# Peterson Strobostomp tips



## Jeff Flowerday (Jan 23, 2006)

I've got one(love it) and learned a few things over time.

Roll the volume back on your guitar. If you don't it can be all over the place. Caution, if you use the special guitar setting you may sound a little out of tune with people using normal tuners. Heck it's so exact you can sound out of tune either way.


----------



## SCREEM (Feb 2, 2006)

I would love one of those...must be nice to set the intonation with it


----------



## Yerffej (Feb 7, 2006)

seriously roll the volume back? odd. the thing about guitars is that you dont want perfect tuning. you tune just a bit off (its called tempered tuning) so that it plays very close to in tune across the neck instead of in tune in some positions and not in others


----------



## Milkman (Feb 2, 2006)

Jeff Flowerday said:


> I've got one(love it) and learned a few things over time.
> 
> Roll the volume back on your guitar. If you don't it can be all over the place. Caution, if you use the special guitar setting you may sound a little out of tune with people using normal tuners. Heck it's so exact you can sound out of tune either way.

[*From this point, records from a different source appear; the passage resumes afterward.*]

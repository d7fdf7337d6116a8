// The day file: the types and the tests that reading and writing share. The format is defined in specs/, and its laws are in
// proofs/Theorems.antt.
#![tactic(auto)]

ghost use Rattle.std.specs.Prelude.{◌≡◌, not, [], ◌∷◌, ◌+◌, ◌<◌};
ghost use Rattle.model.specs.Lowest.{when, or_else};
ghost use Rattle.sheet.specs.Sheets.{grid_of};
ghost use Rattle.dayfile.specs.Table.{within, right_after, line, first_of, buffer_lines};
ghost use Rattle.dayfile.specs.Memory.{found, refused};

use sheet::{Grid, Sheet};

// The last kind that is known.
pub const KNOWN: usize = 7;

// The length of the longest file.
pub const LONGEST_FILE: usize = 3310;

// Where a line of the table of refusals holds.
#[derive(Clone, Copy)]
pub enum Found {
    At(usize),
    Nothing,
}

// A refusal, or that no line of the table turns the file away.
#[derive(Clone, Copy)]
pub enum Check {
    Refused { number: u8, at: usize },
    Sound,
}

// A refusal, or the length of the file that now stands at the front of the output buffer.
#[derive(Clone, Copy)]
pub enum Written {
    Refused { number: u8, at: usize },
    Whole { length: usize },
}

// A book in memory, but for its caps. The seat that comes first, counted from 1, or its absence; the balances carried over, or their
// absence; its own weights of classes 1 to 8, or their absence.
#[repr(C)]
#[derive(Clone, Copy)]
pub struct Book {
    pub seats: usize,
    pub windows: usize,
    pub classes: [u16; 32],
    pub supplies: [u16; 24],
    pub has_first: bool,
    pub first: u16,
    pub has_balances: bool,
    pub balances: [u16; 32],
    pub has_weights: bool,
    pub weights: [u16; 8],
}

// What a day file holds: a book with its caps, and a sheet or its absence. A field cannot be an array of arrays, so the caps are rows too.
// The grids stand first: a book and a flag end with bytes that are free, and what comes behind those is copied once more on its way into a
// day.
#[derive(Clone, Copy)]
pub struct Day {
    pub caps: Sheet,
    pub sheet: Sheet,
    pub book: Book,
    pub has_sheet: bool,
}

impl Day {
    // A book with these caps, and a sheet or its absence.
    pub fn new(book: Book, caps: Grid, has_sheet: bool, sheet: Grid) -> Day
        ensures { (result.book ≡ book) × (grid_of result.caps ≡ caps) × (result.has_sheet ≡ has_sheet) × (grid_of result.sheet ≡ sheet) }
    {
        Day {
            book,
            caps: Sheet::from_grid(caps),
            has_sheet,
            sheet: Sheet::from_grid(sheet),
        }
    }
}

// What the reader answers: a refusal and a day of zeros, or the day of the file.
#[derive(Clone, Copy)]
pub struct Reading {
    pub check: Check,
    pub day: Day,
}

// Low to high, both in.
pub fn within(low: usize, high: usize, x: usize) -> bool
    ensures { result ≡ within low high x }
{
    low <= x && x <= high
}

// Low to high and, where numbers are to rise, greater than the one before.
pub fn right_after(low: usize, high: usize, rising: bool, before: usize, x: usize) -> bool
    ensures { result ≡ right_after low high rising before x }
{
    (!rising | (before < x)) & within(low, high, x)
}

// An offset, where a number is not low to high.
pub fn outside_at(low: usize, high: usize, x: usize, at: usize) -> Found
    ensures { found result ≡ when (not (within low high x)) at }
{
    if within(low, high, x) {
        Found::Nothing
    } else {
        Found::At(at)
    }
}

// The refusal of the first of three lines that holds; they are numbered from `number` on. A line of the table stands alone, so all three
// can be looked up first.
pub fn first_of(number: u8, a: Found, b: Found, c: Found) -> Check
    requires { number < 100 }
    ensures { refused result ≡ first_of (line number (found a) ∷ line (number + 1) (found b) ∷ line (number + 2) (found c) ∷ []) }
{
    if let Found::At(p) = a {
        return Check::Refused { number, at: p };
    }
    if let Found::At(p) = b {
        return Check::Refused {
            number: number + 1,
            at: p,
        };
    }
    if let Found::At(p) = c {
        return Check::Refused {
            number: number + 2,
            at: p,
        };
    }
    Check::Sound
}

// The first of two checks that refuses.
pub fn first_check(a: Check, b: Check) -> Check
    ensures { refused result ≡ or_else (refused a) (refused b) }
{
    if let Check::Refused { number, at } = a {
        return Check::Refused { number, at };
    }
    b
}

// Line 16, of a buffer of `room` bytes where `need` are needed.
pub fn check_room(room: usize, need: usize) -> Check
    ensures { refused result ≡ first_of (buffer_lines room need) }
{
    if room < need {
        return Check::Refused {
            number: 16,
            at: need,
        };
    }
    Check::Sound
}
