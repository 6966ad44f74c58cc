// The small program: reads one expression a line and writes, behind a header, for each line its number, type and value, or its refusal.
// It only moves bytes: it reads a chunk as it comes, has its lines answered, and writes the answers before it reads on.
#![tactic(auto)]

mod output;

ghost use Rattle.std.specs.Prelude.{◌≤◌, ◌<◌, length};
ghost use Rattle.lines.specs.Kept.{kept_limit};
ghost use Rattle.sheet.specs.Steps.{line_limit};
ghost use Rattle.sheet.specs.Cleared.{Cleared};

use output::{State, Written};
use std::io::{Read, Stdin};

const STDOUT_FILENO: i32 = 1;

// Writes the first o bytes of the buffer.
fn write(out: &[u8], o: usize) {
    if let Some(bytes) = out.get(..o) {
        io::write_all(STDOUT_FILENO, bytes);
    }
}

// Writes what stands in the buffer, which then has room again.
fn empty(out: &[u8], s: State) -> State
    requires { line_limit ≤ length out.now }
    ensures { Cleared out.now s result }
{
    write(out, s.o);
    State { o: 0, ..s }
}

// The same, where there may be no room for one line more.
fn room(out: &[u8], s: State) -> State
    requires { line_limit ≤ length out.now }
    ensures { Cleared out.now s result }
{
    if out.len() - Written::LINE < s.o {
        empty(out, s)
    } else {
        s
    }
}

// One step, with room for a line.
fn step(chunk: &[u8], kept: &mut [u8], out: &mut [u8], s: State) -> State
    requires { line_limit ≤ length out.old }
    ensures { s.at < length chunk.now → s.at < result.at }
{
    let ready = room(out, s);
    output::step(chunk, kept, out, ready)
}

// The lines of a chunk, from its beginning to its end.
fn answer(chunk: &[u8], kept: &mut [u8], out: &mut [u8], begun: State) -> State
    requires { line_limit ≤ length out.old }
{
    let mut s = State { at: 0, ..begun };
    while s.at < chunk.len() {
        s = step(chunk, kept, out, s);
    }
    s
}

// Reads as much of the input as there is, at most a chunk: the number of bytes, none at the end.
fn read(stdin: &mut Stdin, chunk: &mut [u8]) -> usize
    ensures { result ≤ length chunk.new }
{
    stdin.read(chunk).unwrap_or(0)
}

// The whole input: reads a chunk, answers its lines and writes the answers, until there is none.
// A proved loop has to end, so the turns are counted, up to a number that no input uses up.
fn all(stdin: &mut Stdin, chunk: &mut [u8], kept: &mut [u8], out: &mut [u8], begun: State) -> State
    requires { line_limit ≤ length out.old }
{
    let mut s = begun;
    for _ in 0..u64::MAX {
        let n = read(stdin, chunk);
        if n == 0 {
            break;
        }
        let answered = answer(&chunk[..n], kept, out, s);
        s = empty(out, answered);
    }
    s
}

// Writes the header.
fn begin(out: &mut [u8]) -> State
    requires { line_limit ≤ length out.old }
{
    let header = output::start(out);
    empty(out, header)
}

// Writes the last line, where the input does not end with a newline.
fn end(kept: &[u8], out: &mut [u8], s: State)
    requires { line_limit ≤ length out.old }
{
    let ready = empty(out, s);
    let o = output::last(kept, out, ready);
    write(out, o);
}

fn run(stdin: &mut Stdin, chunk: &mut [u8], kept: &mut [u8], out: &mut [u8])
    requires { (kept_limit ≤ length kept.old) × (line_limit ≤ length out.old) }
{
    let begun = begin(out);
    let s = all(stdin, chunk, kept, out, begun);
    end(kept, out, s);
}

fn main(rt: HostRuntime) {
    let mut stdin = rt.stdin();
    let mut chunk = io::large_buffer();
    let mut kept = io::large_buffer();
    let mut out = io::large_buffer();
    run(&mut stdin, &mut chunk, &mut kept, &mut out);
}
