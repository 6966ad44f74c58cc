// What the small program writes, in a lent buffer: the header, and step by step each line's number and answer.
ghost use Rattle.std.specs.Prelude.{◌≡◌, length, take};
ghost use Rattle.digits.specs.Appends.{Appends};
ghost use Rattle.line_answer.specs.Reply.{Reply};
ghost use Rattle.sheet.specs.Steps.{line_limit, following, Room, Starts, LineWritten, Steps, Ends};

use lines::Taken;
use written::Answer;

#[derive(Drop)]
pub struct Written;

impl Written {
    // bytes of a line: twenty digits, a blank, the answer, a newline
    pub const LINE: usize = 20 + 1 + Answer::LIMIT + 1;

    pub fn line() -> usize
        ensures { result ≡ line_limit }
    {
        Written::LINE
    }
}

// So many bytes of the line of this number are kept, the program has come to this place in the chunk, and so many bytes stand in the buffer.
#[derive(Clone, Copy)]
pub struct State {
    pub at: usize,
    pub n: usize,
    pub number: usize,
    pub o: usize,
}

// The header.
pub fn start(out: &mut [u8]) -> State
    requires { Room out.old 0 }
    ensures { Starts out.old out.new result }
{
    let o = digits::word(b"line type value\n", out, 0);
    State {
        at: 0,
        n: 0,
        number: 1,
        o,
    }
}

// The first n bytes of a text.
fn first(text: &[u8], n: usize) -> &[u8]
    ensures { result.now ≡ take n text.now }
{
    text.get(..n).unwrap_or(text)
}

// One line: its number, a blank, its answer, a newline.
fn write_line(kept: &[u8], n: usize, number: usize, out: &mut [u8], o: usize) -> usize
    requires { Room out.old o }
    ensures { LineWritten (take n kept.now) number out.old out.new o result }
{
    let mut text = [0u8; Answer::LIMIT];
    let len = line_answer::answer(first(kept, n), &mut text);
    let a = digits::number(number, out, o);
    let b = digits::byte(b' ', out, a);
    let c = digits::word(first(&text, len), out, b);
    digits::byte(b'\n', out, c)
}

// The number of the next line.
fn next(number: usize) -> usize
    ensures { result ≡ following number }
{
    number.saturating_add(1)
}

// One call of take, and the line written where it ended.
pub fn step(chunk: &[u8], kept: &mut [u8], out: &mut [u8], s: State) -> State
    requires { Room out.old s.o }
    ensures { Steps chunk.now kept.old kept.new out.old out.new s result }
{
    let Taken { at, n, ended } = lines::take(chunk, s.at, kept, s.n);
    if ended {
        let o = write_line(kept, n, s.number, out, s.o);
        State {
            at,
            n: 0,
            number: next(s.number),
            o,
        }
    } else {
        State { at, n, ..s }
    }
}

// The end of the input: a last line without a newline is written, if it has any byte.
pub fn last(kept: &[u8], out: &mut [u8], s: State) -> usize
    requires { Room out.old s.o }
    ensures { Ends kept.now out.old out.new s result }
{
    if s.n == 0 {
        s.o
    } else {
        write_line(kept, s.n, s.number, out, s.o)
    }
}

Sounds like a pain in the ass.

I suspect this strobe like previous Petersons is better suited to the work bench. For stage use, I personally want something quick and dirty that doesn't require special handling. I want to be able to tune while I'm talking to the audience between songs. A simple green/red LED bar works great.


Just my opinion of course.


----------



## exhausted (Feb 10, 2006)

i've gotten into the habit of switching to the neck pickup and rolling a bit of volume and tone off. settles things down and makes the tuning quicker. not that i have a strobostomp but it's tuner indepedent.


----------



## Jeff Flowerday (Jan 23, 2006)

Milkman said:


> Sounds like a pain in the ass.
> 
> I suspect this strobe like previous Petersons is better suited to the work bench. For stage use, I personally want something quick and dirty that doesn't require special handling. I want to be able to tune while I'm talking to the audience between songs. A simple green/red LED bar works great.
> 
> ...


 
Rolling your volume back isn't special handling. The only special handling is telling the guys that tuned up with the green/red LED bars that they are out of tune and to try again.


----------



## Milkman (Feb 2, 2006)

Jeff Flowerday said:


> Rolling your volume back isn't special handling. The only special handling is telling the guys that tuned up with the green/red LED bars that they are out of tune and to try again.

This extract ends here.